21 novembre 2006 2 21 /11 /novembre /2006 14:20
On se souvient aussi à Aubignan.
(Billet écrit par Bruno et que m'a transmis Jérôme chez qui j'ai mangé à midi. Je dirais que c'est exellent! H.G.)
Espace & Temps
 Lundi matin, 6H05, le TGV pour Paris prenait son départ en gare d’Avignon. Je venais de m’installer dans mon fauteuil et je songeais aux relations espace temps et à la théorie de la relativité restreinte.. Rapidement nous atteignons la vitesse de croisière de plus de 300 Km/h .Je me revoyais en classes de première et terminale surpris par les premiers résultats sur les calculs d’Einstein que nous découvrions.
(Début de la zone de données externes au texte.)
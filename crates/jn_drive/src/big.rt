ghost use Rattle.std.specs.Prelude.{◌≡◌, ◌<◌, true, length};
ghost use Rattle.jn_agree.specs.Agrees.{InRange};
ghost use Rattle.jn_code.specs.Machine.{mach};
ghost use Rattle.jn_code.specs.Valid.{IsValid};
ghost use Rattle.jn_drive.specs.Bigs.{MakesBig, IsSummed, SumTold, BigTold};
ghost use Rattle.jn_drive.specs.Words.{numbered};

use crate::exec::tell_end;
use crate::halt::Halt;
use crate::put::{deliver, no_memory};
use crate::run::built;
use crate::status::Status;
use jn_big::{Kept, big, summary};
use jn_io::Sink;
use jn_jobs::JobWords;
use jn_machine::{Halt as RunHalt, Machine};
use jn_verify::Good;
use sqlite_items::Items;
use std::alloc::Global;

/// How many classes an image has.
fn class_count(image: &Good) -> u32
    ensures { result ≡ length image.now.classes }
{
    image.image().classes.as_slice().len() as u32
}

/// The machine that is to run the program of the generated source, and how many classes the program has.
fn big_machine(alloc: Global, words: &JobWords) -> Result<(Machine, u32), Halt>
    ensures { MakesBig (numbered words.now) result }
{
    let source = big(alloc, words.count)?;
    let image = built(alloc, source.as_slice())?;
    let classes = class_count(&image);
    let machine = Machine::make(alloc, image, words.arena, words.depth)?;
    Ok((machine, classes))
}

/// The summary of a run that was done.
fn summed(alloc: Global, count: u8, classes: u32, output: &[u8]) -> Result<Items<u8>, Halt>
    ensures { IsSummed count classes output.now result }
{
    Ok(Items::from_vec(summary(alloc, u32::from(count) + 1, classes, output)?))
}

/// Tells how a run ended: by its summary where it was done. What it put was kept.
fn tell_sum<O: Sink, E: Sink>(
    alloc: Global,
    mut machine: Machine,
    classes: u32,
    words: &JobWords,
    out: &mut O,
    err: &mut E,
) -> Status
    requires fresh { machine.fresh ≡ true }
    requires valid { IsValid machine.image }
    requires arena { machine.arena < 4294967296 }
    ensures { SumTold (mach machine.image machine.arena machine.depth words.now.steps) words.now.count classes
        (record { taken = O.taken out.old; faults = O.faults out.old })
        (record { taken = O.taken out.new; faults = O.faults out.new })
        (record { taken = E.taken err.old; faults = E.faults err.old })
        (record { taken = E.taken err.new; faults = E.faults err.new })
        result }
{
    let mut kept = Kept::new(alloc);
    let end = machine.run(words.steps, &mut kept);
    match end {
        RunHalt::Done => deliver(summed(alloc, words.count, classes, kept.bytes()), out, err),
        RunHalt::WriteFault => no_memory(err),
        RunHalt::Null => tell_end(RunHalt::Null, err),
        RunHalt::Zero => tell_end(RunHalt::Zero, err),
        RunHalt::Arena => tell_end(RunHalt::Arena, err),
        RunHalt::Depth => tell_end(RunHalt::Depth, err),
        RunHalt::Steps => tell_end(RunHalt::Steps, err),
    }
}

/// Runs the program of the generated source, and puts its summary.
pub fn run_big<O: Sink, E: Sink>(
    alloc: Global,
    words: &JobWords,
    out: &mut O,
    err: &mut E,
) -> Status
    requires { InRange (numbered words.now).arena (numbered words.now).depth }
    ensures { BigTold (numbered words.now)
        (record { taken = O.taken out.old; faults = O.faults out.old })
        (record { taken = O.taken out.new; faults = O.faults out.new })
        (record { taken = E.taken err.old; faults = E.faults err.old })
        (record { taken = E.taken err.new; faults = E.faults err.new })
        result }
{
    match big_machine(alloc, words) {
        Ok((machine, classes)) => tell_sum(alloc, machine, classes, words, out, err),
        Err(halt) => deliver(Err(halt), out, err),
    }
}
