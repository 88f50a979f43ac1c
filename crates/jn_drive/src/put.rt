ghost use Rattle.std.specs.Prelude.{◌≡◌};
ghost use Rattle.jn_io.specs.Causes.{HasCause};
ghost use Rattle.jn_io.specs.Told.{Takes};
ghost use Rattle.jn_drive.specs.Answer.{reply_of};
ghost use Rattle.jn_drive.specs.Reply.{memory_reply, usage_reply};
ghost use Rattle.jn_drive.specs.Seen.{IsPut, IsDelivered};

use crate::halt::{Halt, line_of, status_of};
use crate::status::Status;
use jn_io::{Failed, Sink};
use sqlite_items::Items;

/// How many bytes of an output are put at once.
const PIECE: usize = 8_192;

/// Puts the output in pieces of 8,192 bytes and a shorter last one.
fn put_output<O: Sink>(out: &mut O, output: &[u8]) -> Result<(), Failed>
    ensures taken { Takes (O.taken out.old) (O.taken out.new) output.now result }
    ensures cause { HasCause (O.faults out.old) (O.faults out.new) result }
{
    let mut from = 0;
    while from < output.len() {
        let piece = (output.len() - from).min(PIECE);
        out.put(&output[from..from + piece])?;
        from += piece;
    }
    Ok(())
}

/// Puts the bytes, and gives the status; where the output fails, `WriteFault`.
pub fn put_all<K: Sink>(sink: &mut K, bytes: &[u8], status: Status) -> Status
    ensures { IsPut status bytes.now
        (record { taken = K.taken sink.old; faults = K.faults sink.old })
        (record { taken = K.taken sink.new; faults = K.faults sink.new })
        result }
{
    match put_output(sink, bytes) {
        Ok(()) => status,
        Err(Failed) => Status::WriteFault,
    }
}

/// Puts what a job came to: its output on `out`, or on `err` the line that tells why there is none.
pub fn deliver<O: Sink, E: Sink>(
    answer: Result<Items<u8>, Halt>,
    out: &mut O,
    err: &mut E,
) -> Status
    ensures { IsDelivered (reply_of answer)
        (record { taken = O.taken out.old; faults = O.faults out.old })
        (record { taken = O.taken out.new; faults = O.faults out.new })
        (record { taken = E.taken err.old; faults = E.faults err.old })
        (record { taken = E.taken err.new; faults = E.faults err.new })
        result }
{
    match answer {
        Ok(output) => put_all(out, output.as_slice(), Status::Done),
        Err(halt) => put_all(err, line_of(&halt), status_of(&halt)),
    }
}

/// Puts the usage line on `err`.
pub fn misuse<E: Sink>(err: &mut E) -> Status
    ensures { IsPut Status.Usage usage_reply.line
        (record { taken = E.taken err.old; faults = E.faults err.old })
        (record { taken = E.taken err.new; faults = E.faults err.new })
        result }
{
    put_all(
        err,
        b"usage: jandc JOB FILE [OUT] [--arena N] [--depth N] [--steps N]\n",
        Status::Usage,
    )
}

/// Puts on `err` that there was no memory.
pub fn no_memory<E: Sink>(err: &mut E) -> Status
    ensures { IsPut Status.Memory memory_reply.line
        (record { taken = E.taken err.old; faults = E.faults err.old })
        (record { taken = E.taken err.new; faults = E.faults err.new })
        result }
{
    let halt = Halt::Memory;
    put_all(err, line_of(&halt), status_of(&halt))
}
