//! The top call: what `jandc` does with its words, its files and its outputs.
#![tactic(auto)]

mod big;
mod build;
mod exec;
mod halt;
mod job;
pub mod laws;
mod mean;
mod put;
mod read;
mod run;
mod source;
mod status;
mod words;

ghost use Rattle.std.specs.Prelude.{◌≡◌, map, string_bytes, None};
ghost use Rattle.jn_drive.specs.Words.{job_of};
ghost use Rattle.jn_drive.specs.Job.{DoesJob};

use crate::job::do_job;
use crate::put::{misuse, no_memory};
use crate::words::job_in;
use jn_io::{Sink, Store};
use jn_jobs::WordsFault;
pub use status::Status;
use std::alloc::Global;

/// Does the job that the words are: `show FILE` puts the canonical text of the program that the file spells on `out`,
/// `check FILE` puts nothing, `run FILE` compiles the program and runs it, `mean FILE` runs its meaning as it is defined,
/// `build FILE OUT` saves its image, `exec FILE` runs an image, and `big N` runs the source that is made of the number and
/// puts a summary. A source that spells no program is refused by a line on `err`, and by each of these jobs but `show` each
/// one that breaks a rule. The options `--arena`, `--depth` and `--steps` may come with each job, and bound what `run`,
/// `mean`, `exec` and `big` run; the steps of `mean` are charges. All other words are answered by the usage line.
///
/// `DoesJob` in specs/Job.antt says for each status when it comes, and what the files and the outputs
/// then are.
pub fn top<S: Store, O: Sink, E: Sink>(
    alloc: Global,
    words: &[String],
    store: &mut S,
    out: &mut O,
    err: &mut E,
) -> Status
    // Usage comes only where the words are no job that there is.
    ensures usage { result ≡ Status.Usage → job_of (map string_bytes words.now) ≡ None }
    // By the job: from what is seen of the store and the outputs before the call, to what is seen after.
    ensures job { DoesJob (job_of (map string_bytes words.now))
        (record {
          store = record {
            files = S.files store.old;
            rest = S.rest store.old;
            read_faults = S.read_faults store.old;
            save_faults = S.save_faults store.old;
          };
          out = record { taken = O.taken out.old; faults = O.faults out.old };
          err = record { taken = E.taken err.old; faults = E.faults err.old };
        })
        (record {
          store = record {
            files = S.files store.new;
            rest = S.rest store.new;
            read_faults = S.read_faults store.new;
            save_faults = S.save_faults store.new;
          };
          out = record { taken = O.taken out.new; faults = O.faults out.new };
          err = record { taken = E.taken err.new; faults = E.faults err.new };
        })
        result }
{
    match job_in(alloc, words) {
        Ok(job) => do_job(alloc, &job, store, out, err),
        Err(WordsFault::Usage) => misuse(err),
        Err(WordsFault::Memory) => no_memory(err),
    }
}
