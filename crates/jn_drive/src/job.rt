ghost use Rattle.std.specs.Prelude.{◌≡◌, ◌≤◌, IsSome, Some};
ghost use Rattle.jn_base.specs.WithinLimits.{IsWithinLimits};
ghost use Rattle.jn_agree.specs.Agrees.{InRange};
ghost use Rattle.jn_drive.specs.declared.words.SourceJob.TheVariants.{Check};
ghost use Rattle.jn_drive.specs.declared.words.JobKind.TheVariants.{OnSource, Build};
ghost use Rattle.jn_drive.specs.Words.{named, task_of, IsBounded, HasOut};
ghost use Rattle.jn_drive.specs.Answer.{AnswersTree, Judges, Answers};
ghost use Rattle.jn_drive.specs.Job.{Does, DoesJob};

use crate::big::run_big;
use crate::build::build;
use crate::exec::exec;
use crate::halt::Halt;
use crate::mean::mean;
use crate::put::deliver;
use crate::read::read_file;
use crate::run::run;
use crate::source::{LIMIT, accepted, parsed};
use crate::status::Status;
use crate::words::{Asked, JobKind, Named, SourceJob};
use jn_base::tree::Program;
use jn_io::{Sink, Store};
use jn_printer::print_program;
use sqlite_items::Items;
use std::alloc::Global;

/// What the file's bytes come to.
///
/// The file is read whole first, or its first 1,048,577 bytes.
fn answer<S: Store>(
    alloc: Global,
    kind: SourceJob,
    file: &str,
    store: &mut S,
) -> Result<Items<u8>, Halt>
    ensures answer { Answers kind 1048577 (S.files store.old) file.now (S.rest store.new)
        (S.read_faults store.old) (S.read_faults store.new) result }
    ensures files { S.files store.new ≡ S.files store.old }
    ensures saves { S.save_faults store.new ≡ S.save_faults store.old }
    ensures later { S.read_faults store.old ≤ S.read_faults store.new }
{
    let source = read_file(alloc, file, LIMIT + 1, store)?;
    judge(alloc, kind, source.as_slice())
}

/// What the bytes of a source come to.
fn judge(alloc: Global, kind: SourceJob, source: &[u8]) -> Result<Items<u8>, Halt>
    ensures { Judges kind source.now result }
{
    let program = parsed(alloc, source)?;
    answer_tree(alloc, kind, &program)
}

/// What a tree comes to.
fn answer_tree(alloc: Global, kind: SourceJob, program: &Program) -> Result<Items<u8>, Halt>
    requires { IsWithinLimits program.now }
    ensures { AnswersTree program.now kind result }
{
    match kind {
        SourceJob::Show => Ok(Items::from_vec(print_program(alloc, program)?)),
        SourceJob::Check => checked(alloc, program),
    }
}

/// What a tree comes to by its verdict: nothing is put where it passes.
fn checked(alloc: Global, program: &Program) -> Result<Items<u8>, Halt>
    requires { IsWithinLimits program.now }
    ensures { AnswersTree program.now Check result }
{
    let _ = accepted(alloc, program)?;
    Ok(Items::new(alloc))
}

/// A job on a source. Its reply is made first, and then put.
fn on_source<S: Store, O: Sink, E: Sink>(
    alloc: Global,
    kind: SourceJob,
    job: &Named,
    store: &mut S,
    out: &mut O,
    err: &mut E,
) -> Status
    requires { job.now.kind ≡ OnSource kind }
    ensures { Does (named job.now)
        (record {
          store = record {
            files = S.files store.old;
            rest = S.rest store.old;
            read_faults = S.read_faults store.old;
            save_faults = S.save_faults store.old;
          };
          out = record { taken = O.taken out.old; faults = O.faults out.old };
          err = record { taken = E.taken err.old; faults = E.faults err.old };
        })
        (record {
          store = record {
            files = S.files store.new;
            rest = S.rest store.new;
            read_faults = S.read_faults store.new;
            save_faults = S.save_faults store.new;
          };
          out = record { taken = O.taken out.new; faults = O.faults out.new };
          err = record { taken = E.taken err.new; faults = E.faults err.new };
        })
        result }
{
    let answer = answer(alloc, kind, job.words.file.as_str(), store);
    deliver(answer, out, err)
}

/// A job on a file. Its arena and its depth are in their ranges, and `build` has the name of the file that it makes.
fn on_file<S: Store, O: Sink, E: Sink>(
    alloc: Global,
    job: &Named,
    store: &mut S,
    out: &mut O,
    err: &mut E,
) -> Status
    requires bounds { InRange (named job.now).arena (named job.now).depth }
    requires out { (named job.now).kind ≡ Build → IsSome (named job.now).out }
    ensures { Does (named job.now)
        (record {
          store = record {
            files = S.files store.old;
            rest = S.rest store.old;
            read_faults = S.read_faults store.old;
            save_faults = S.save_faults store.old;
          };
          out = record { taken = O.taken out.old; faults = O.faults out.old };
          err = record { taken = E.taken err.old; faults = E.faults err.old };
        })
        (record {
          store = record {
            files = S.files store.new;
            rest = S.rest store.new;
            read_faults = S.read_faults store.new;
            save_faults = S.save_faults store.new;
          };
          out = record { taken = O.taken out.new; faults = O.faults out.new };
          err = record { taken = E.taken err.new; faults = E.faults err.new };
        })
        result }
{
    match job.kind {
        JobKind::OnSource(kind) => on_source(alloc, kind, job, store, out, err),
        JobKind::Run => run(alloc, job, store, out, err),
        JobKind::Build => build(alloc, job, store, out, err),
        JobKind::Mean => mean(alloc, job, store, out, err),
        JobKind::Exec => exec(alloc, job, store, out, err),
    }
}

/// What the words ask for. The bounds are in their ranges, and `build` has the name of the file that it makes.
pub fn do_job<S: Store, O: Sink, E: Sink>(
    alloc: Global,
    job: &Asked,
    store: &mut S,
    out: &mut O,
    err: &mut E,
) -> Status
    requires bounds { IsBounded job.now }
    requires out { HasOut job.now }
    ensures { DoesJob (Some (task_of job.now))
        (record {
          store = record {
            files = S.files store.old;
            rest = S.rest store.old;
            read_faults = S.read_faults store.old;
            save_faults = S.save_faults store.old;
          };
          out = record { taken = O.taken out.old; faults = O.faults out.old };
          err = record { taken = E.taken err.old; faults = E.faults err.old };
        })
        (record {
          store = record {
            files = S.files store.new;
            rest = S.rest store.new;
            read_faults = S.read_faults store.new;
            save_faults = S.save_faults store.new;
          };
          out = record { taken = O.taken out.new; faults = O.faults out.new };
          err = record { taken = E.taken err.new; faults = E.faults err.new };
        })
        result }
{
    match job {
        Asked::OnFile(named) => on_file(alloc, named, store, out, err),
        Asked::Big(words) => run_big(alloc, words, out, err),
    }
}
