ghost use Rattle.std.specs.Prelude.{◌≡◌, None, option_copied};
ghost use Rattle.jn_base.specs.WithinLimits.{IsWithinLimits};
ghost use Rattle.jn_drive.specs.Answer.{IsRefusedBy, IsOfFault, too_long_refusal};
ghost use Rattle.jn_drive.specs.Built.{Parses, Passes};

use crate::halt::Halt;
use jn_base::refusal::{Refusal, Rule};
use jn_base::tree::{Place, Program};
use jn_check::{World, check};
use jn_heads::CheckFault;
use jn_parser::{ParseFault, parse};
use jn_words::refusal_line;
use sqlite_items::Items;
use std::alloc::Global;

/// How many bytes a source may have.
pub const LIMIT: usize = 1_048_576;

/// The program that the bytes of a source spell.
pub fn parsed(alloc: Global, source: &[u8]) -> Result<Program, Halt>
    ensures { Parses source.now result }
{
    if source.len() > LIMIT {
        return Err(refused(alloc, None, &too_long()));
    }
    match parse(alloc, source) {
        Ok(program) => Ok(program),
        Err(fault) => Err(unparsed(alloc, &fault)),
    }
}

/// What an accepted program is known by.
pub fn accepted(alloc: Global, program: &Program) -> Result<World, Halt>
    requires { IsWithinLimits program.now }
    ensures { Passes program.now result }
{
    match check(alloc, program) {
        Ok(world) => Ok(world),
        Err(CheckFault::Refused(refusal)) => Err(refused(alloc, Some(program), &refusal)),
        Err(CheckFault::Memory) => Err(Halt::Memory),
    }
}

/// Why there is no tree.
fn unparsed(alloc: Global, fault: &ParseFault) -> Halt
    ensures { IsOfFault fault.now result }
{
    match fault {
        ParseFault::Refused(refusal) => refused(alloc, None, refusal),
        ParseFault::Memory => Halt::Memory,
    }
}

/// The refusal of a source that has too many bytes.
fn too_long() -> Refusal
    ensures { result ≡ too_long_refusal }
{
    Refusal {
        rule: Rule::E02,
        at: Place { line: 1, column: 1 },
        class: None,
        member: None,
        limit: None,
    }
}

/// A refusal of a source, with its line. Where there is a tree, the line tells its names.
fn refused(alloc: Global, program: Option<&Program>, refusal: &Refusal) -> Halt
    ensures { IsRefusedBy (option_copied program.entry) refusal.now result }
{
    match refusal_line(alloc, program, refusal) {
        Ok(line) => Halt::Refused(Items::from_vec(line)),
        Err(_) => Halt::Memory,
    }
}
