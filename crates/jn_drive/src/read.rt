ghost use Rattle.std.specs.Prelude.{◌≡◌, ◌≤◌, ◌<◌, ◌++◌, length, take, IfOk, OnOk, OnErr, Ok};
ghost use Rattle.jn_io.specs.Causes.{HasCause};
ghost use Rattle.jn_io.specs.Told.{Reads};
ghost use Rattle.jn_drive.specs.Reading.{ReadsFile, ReadsRest, ReadsPiece};

use crate::halt::Halt;
use jn_io::Store;
use sqlite_items::Items;
use std::alloc::Global;

/// How many bytes are asked for at once.
const PIECE: usize = 8_192;

/// The file's bytes, or the first `most` of them; then no more is read.
///
/// After a halt other files may be begun; what is left to be read of this one isn't told.
pub fn read_file<S: Store>(
    alloc: Global,
    file: &str,
    most: usize,
    store: &mut S,
) -> Result<Items<u8>, Halt>
    ensures read { ReadsFile most (S.files store.old) file.now (S.rest store.new)
        (S.read_faults store.old) (S.read_faults store.new) result }
    ensures files { S.files store.new ≡ S.files store.old }
    ensures saves { S.save_faults store.new ≡ S.save_faults store.old }
    ensures later { S.read_faults store.old ≤ S.read_faults store.new }
{
    store.begin(file)?;
    read_rest(alloc, most, store)
}

/// What is left of the file that was begun, or its first `most` bytes.
#[tactic(auto, using(crate::proofs::Reading::one_piece))]
fn read_rest<S: Store>(alloc: Global, most: usize, store: &mut S) -> Result<Items<u8>, Halt>
    ensures read { ReadsRest most (S.rest store.old) (S.rest store.new)
        (S.read_faults store.old) (S.read_faults store.new) result }
    ensures files { S.files store.new ≡ S.files store.old }
    ensures saves { S.save_faults store.new ≡ S.save_faults store.old }
    ensures later { S.read_faults store.old ≤ S.read_faults store.new }
{
    let mut source = Vec::new(alloc);
    let mut buffer = [0; PIECE];
    while source.len() < most {
        let room = (most - source.len()).min(PIECE);
        let taken = read_piece(store, &mut source, &mut buffer[..room])?;
        if taken == 0 {
            return Ok(Items::from_vec(source));
        }
    }
    Ok(Items::from_vec(source))
}

/// Reads once into the buffer, adds what was read to the source, and says how much: 0 only at the end.
fn read_piece<S: Store>(
    store: &mut S,
    source: &mut Vec<u8>,
    buffer: &mut [u8],
) -> Result<usize, Halt>
    requires { 0 < length buffer.old }
    ensures read { ReadsPiece (S.rest store.old) (S.rest store.new)
        (S.read_faults store.old) (S.read_faults store.new)
        source.old.items source.new.items (length buffer.old) result }
    ensures files { S.files store.new ≡ S.files store.old }
    ensures saves { S.save_faults store.new ≡ S.save_faults store.old }
    ensures later { S.read_faults store.old ≤ S.read_faults store.new }
{
    let taken = store.read(buffer)?;
    source.extend_from_slice(&buffer[..taken])?;
    Ok(taken)
}
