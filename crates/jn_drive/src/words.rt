ghost use Rattle.std.specs.Prelude.{◌≡◌, IfErr, IfOk, None, Some, map, string_bytes};
ghost use Rattle.jn_drive.specs.Words.{job_of, kind_here, task_of, IsBounded, HasOut};

use jn_jobs::{JobWords, WordsFault, job};
use std::alloc::Global;

/// What is done with a source.
#[derive(Clone, Copy, Debug, PartialEq, Eq)]
pub enum SourceJob {
    /// Puts the canonical text of a program.
    Show,
    /// Tells what is refused of a program.
    Check,
}

/// The jobs that there are.
#[derive(Clone, Copy, Debug, PartialEq, Eq)]
pub enum JobKind {
    /// One that puts what a source comes to.
    OnSource(SourceJob),
    /// Runs a program.
    Run,
    /// Runs the meaning of a source.
    Mean,
    /// Saves the image of a program.
    Build,
    /// Runs an image.
    Exec,
}

/// A job that there is, and its words.
#[derive(Debug, Drop)]
pub struct Named {
    pub kind: JobKind,
    pub words: JobWords,
}

/// What the words ask for.
#[derive(Debug, Drop)]
pub enum Asked {
    /// A job on a file.
    OnFile(Named),
    /// `big`, of the number that these words have.
    Big(JobWords),
}

/// The job that the words are. Usage comes exactly where they are none; Memory may come at any words.
#[tactic(auto, using(crate::proofs::Wording::job_named, crate::proofs::Wording::number_named))]
pub fn job_in(alloc: Global, words: &[String]) -> Result<Asked, WordsFault>
    ensures ok { IfOk result (λ a. job_of (map string_bytes words.now) ≡ Some (task_of a)) }
    ensures range { IfOk result (λ a. IsBounded a) }
    ensures out { IfOk result (λ a. HasOut a) }
    ensures usage { IfErr result (λ e. e ≡ WordsFault.Usage → job_of (map string_bytes words.now) ≡ None) }
{
    let words = job(alloc, words)?;
    match kind_here(words.kind) {
        Some(kind) => Ok(Asked::OnFile(Named { kind, words })),
        None => Ok(Asked::Big(words)),
    }
}

/// The kind of a job on a file. (`big` is none: it reads no file.)
fn kind_here(kind: jn_jobs::JobKind) -> Option<JobKind>
    ensures { result ≡ kind_here kind }
{
    match kind {
        jn_jobs::JobKind::Show => Some(JobKind::OnSource(SourceJob::Show)),
        jn_jobs::JobKind::Run => Some(JobKind::Run),
        jn_jobs::JobKind::Check => Some(JobKind::OnSource(SourceJob::Check)),
        jn_jobs::JobKind::Mean => Some(JobKind::Mean),
        jn_jobs::JobKind::Build => Some(JobKind::Build),
        jn_jobs::JobKind::Exec => Some(JobKind::Exec),
        jn_jobs::JobKind::Big => None,
    }
}
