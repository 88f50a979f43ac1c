ghost use Rattle.std.specs.Prelude.{◌≡◌};
ghost use Rattle.jn_drive.specs.declared.halt.Halt.TheVariants as halts;
ghost use Rattle.jn_drive.specs.Answer.{halt_reply};

use crate::status::Status;
use jn_io::Failed;
use sqlite_items::Items;
use std::alloc::AllocError;

/// Why a job has no output.
#[derive(Debug, Drop)]
pub enum Halt {
    /// The source is refused, with this line.
    Refused(Items<u8>),
    /// The bytes spell no valid image, as this line tells.
    BadImage(Items<u8>),
    /// The file isn't there, or couldn't be read.
    Unread,
    /// Memory ran out.
    Memory,
}

impl From<Failed> for Halt {
    ghost from_gives = { λ _ h. h ≡ halts.Unread };

    fn from(_failed: Failed) -> Halt {
        Halt::Unread
    }
}

impl From<AllocError> for Halt {
    ghost from_gives = { λ _ h. h ≡ halts.Memory };

    fn from(_failed: AllocError) -> Halt {
        Halt::Memory
    }
}

/// The status that tells it.
pub fn status_of(halt: &Halt) -> Status
    ensures { result ≡ (halt_reply halt.now).status }
{
    match halt {
        Halt::Refused(_) => Status::Refused,
        Halt::BadImage(_) => Status::BadImage,
        Halt::Unread => Status::ReadFault,
        Halt::Memory => Status::Memory,
    }
}

/// The line that tells it.
pub fn line_of(halt: &Halt) -> &[u8]
    ensures { result.now ≡ (halt_reply halt.now).line }
{
    match halt {
        Halt::Refused(line) => line.as_slice(),
        Halt::BadImage(line) => line.as_slice(),
        Halt::Unread => b"fault: read\n",
        Halt::Memory => b"fault: memory\n",
    }
}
J’étais encore quelque peu perturbé par l’histoire que je venais de vivre samedi matin en plein rapport avec la relation espace temps.
 
 
Dans mes souvenirs de gamin, il y a plus de 45 ans, je revoyais mon grand-père remonter tous les deux jours la vieille pendule placée sur le mur dans le couloir d’entrée des Escalettes. Ce rituel était quasiment sacré et suivait une procédure rigoureuse. Il montait sur une chaise qu’il plaçait sous la verticale de l’horloge, ouvrait la porte en bois vitrée qui protégeait le mécanisme, le cadran et le balancier, et il remontait à tour de rôle les deux ressorts : celui du mécanisme proprement dit et celui du carillon qui marquait imperturbablement les heures et les demi-heures. « 20 tours de clé, pas plus me disait il, sinon on casse le ressort ». J’entends encore le son de la couronne dentée du mécanisme qui retenait à chaque tour de clé l’énergie du ressort et qui allait la faire fonctionner automatiquement pendant quelques 48 heures. Et lui qui comptait le nombre de tours,… 18, 19, 20. Puis il reposait méthodiquement la clé sur le fond du cadre en bois de la pendule, refermait la porte avant, descendait de son escabeau de fortune et replaçait la chaise. Je le voyais heureux après ce travail et la journée continuait rythmée par le « dong, dong » de la pendule des Escalettes.
 
Les années passant, je quittais ce havre de paix dans ma mémoire de gamin pour n’y revenir définitivement que quelques mois avant sa mort. La vie suivait son cours, ce long fleuve tranquille que rien ne peut perturber ou modifier. Nous nous installions aux Escalettes et après les premiers travaux dans la maison la pendule trouva refuge dans le grenier. Plus personne ne la touchât, ni la remontât et elle faisait parti des vestiges du temps. La poussière la recouvrit peu à peu, on l’oublia. Elle ne marquait plus le temps.
 
A nouveau après des travaux de toiture cet été, samedi matin, je traînais dans le grenier, ne sachant pas par quel bout commencer de nouveaux rangements. Je feuilletais un vieux magazine Match des années 60 contant les premiers pas de la conquête spatiale et des satellites artificiels quand mon attention fut attirée par un « tic tac » qui perturbait le silence du grenier. J’en recherchais l’origine quand soudain « l’horloge » se mit à sonner. Le dong était quelque peu roque comme la voix d’une personne qui n’a plus parlé depuis longtemps. Elle sonna bien une dizaine de fois. Je retrouvais l’horloge de mon grand-père dessous un tas de vieilles couvertures, cadres et objets divers, posée sur le sommier d’un vieux lit et bien sur couverte de poussière. Je n’en croyais ni à mes yeux, ni à mes oreilles, l’horloge marquait le temps avec soudain un dernier élan de vie, une dernière tension de son ressort probablement déclenchée par les vibrations causées par mes pas sur le plancher du grenier. Je restais malgré tout dubitatif. Comment avait t elle pu trouver la force de sonner une dizaine de fois, comme ça, si longtemps et avec quelle énergie ? Je ne comprenais vraiment pas bien ce qui se passait.
 
J’entrepris de la nettoyer. Je saisis un chiffon et délicatement j’enlevais toute la poussière qui la recouvrait. Je soufflais sur tous les coins pour faire partir les dernières particules. J’ouvris la vieille porte de bois et au fond de la pendule, au même endroit prés du balancier se trouvait la clé, laissée là par mon grand-père quelques 30 ans plutôt. Je me souvenais des derniers temps de cette pendule ou elle ornait bien silencieuse le mur du couloir avant de finir dans le grenier car plus personne, moi pour le premier ne l’avait une dernière fois remontée.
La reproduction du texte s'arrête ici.